Sugarcane genomics analysis faces major hassles due to the gain and loss of genetic material tightly associated with the highly polyploid and aneuploid nature of the crop. Genotyping sugarcane is not only complex because of the multiple number of allele copies, but also because of the aneuploidy and unknown ploidy of some hybrids (Serang et al. 2012). Furthermore, in polyploids the false-positive rate of SNPs detection rises due to ambiguous mapping of highly similar homeologous loci, becoming challenging to the precise SNPs detection (Clevenger et al. 2015). GBS has been proved to be a successful way to analyse sugarcane (Balsalobre et al. 2017; Yang et al. 2017), however, to our knowledge ddRADseq approach has never been applied to this crop before. Our simulations and comparisons showed that, regardless of the complexity of genotyping sugarcane hybrids, there is consistency in our data results obtained by the application of the ddRADseq protocol.
Current NGS platforms generate data for analysing genes and genomes, through sequencing by synthesis chemistry (López de Heredia 2016). Differences between platforms rely on the output range, reads per run, maximum read length and costs (Illumina 2021). For this reason, the comparison between sequencing platforms is crucial to decide how to invest available resources. Our results showed that the number of reads assigned to each genotype followed the same order in Ne-70 and No-150 platforms, although the final number of reads in the latter one was on average several times the number detected in the former one (Table 1). It is worth noting that NA 78–724 and NA 56 − 30, two Argentinean hybrids coming from the same sugarcane breeding program, stood for extreme numbers of reads in both sequencers, suggesting a consistency in sequencer performance among samples.

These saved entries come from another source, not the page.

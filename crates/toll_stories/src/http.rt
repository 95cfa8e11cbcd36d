//! Owners' lines over HTTP.
use crate::said::text_of;
use std::alloc::{AllocError, Global};

// The owner, its key, the method, the target and the body of an owner's line.
fn parts_of(line: &str) -> Option<(&str, &str, &str, &str, &str)> {
    let (owner, rest) = line.strip_prefix("> ")?.split_once(' ')?;
    let (key, rest) = rest.split_once(' ')?;
    let (method, rest) = rest.split_once(' ')?;
    let (target, body) = rest.split_once(' ').unwrap_or((rest, ""));
    Some((owner, key, method, target, body))
}

/// The request of an owner's line: `>`, its name and its key, the method, the target and, if there is one,
/// the body. `None` for every other line. An `Err` means that there was no memory.
pub fn request_of(alloc: Global, line: &str) -> Result<Option<Vec<u8>>, AllocError> {
    let Some((owner, key, method, target, body)) = parts_of(line) else {
        return Ok(None);
    };
    let len = body.len();
    let text = format!(in alloc;
        "{method} {target} HTTP/1.1\r\nhost: 127.0.0.1\r\ntoll-owner: {owner}\r\ntoll-key: {key}\r\ncontent-length: {len}\r\n\r\n{body}"
    )?;
    Ok(Some(text.into_bytes()))
}

/// A reply as a story shows it: its status and, if there is one, its body. An `Err` means that there was no
/// memory.
pub fn reply_said(alloc: Global, reply: &[u8]) -> Result<String, AllocError> {
    let text = text_of(reply);
    let status = text.get(9..12).unwrap_or("?");
    match text.split_once("\r\n\r\n") {
        Some((_, "")) => String::from_str(alloc, status),
        Some((_, body)) => format!(in alloc; "{status} {body}"),
        None => String::from_str(alloc, "?"),
    }
}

The overall alignment rate of both platforms averaged ~ 48%. Several non-mutually exclusive phenomena might be responsible for this value: First, the hybrid R570 reference genome assembly originated from synteny with sorghum, using BACs based on their global alignments with this related species and representing the gene-rich part of its genome (Garsmeur et al. 2018). This indicates that fewer conservative regions are unlikely to align with other sugarcane hybrids. Second, R570 is a cultivar from Reunion Island, located in the Indian Ocean, suggesting that it might be genetically distant from the Argentine and American genomes assayed in this investigation (Acevedo et al. 2017; Garsmeur et al. 2018); then the alignment software was developed for diploid species, representing a technical drawback for a highly polyploid and aneuploid species such as sugarcane along with computational problems. These observations increase the difficulty in locating the reads in the exact position of the reference genome even though Yang et al. (2017) reported that Bowtie 2, was more effective than other aligners in sugarcane. Interestingly, the high fibre biotype and the sugarcane cultivars showed similar alignment rates, independently of the platform used (Table 1).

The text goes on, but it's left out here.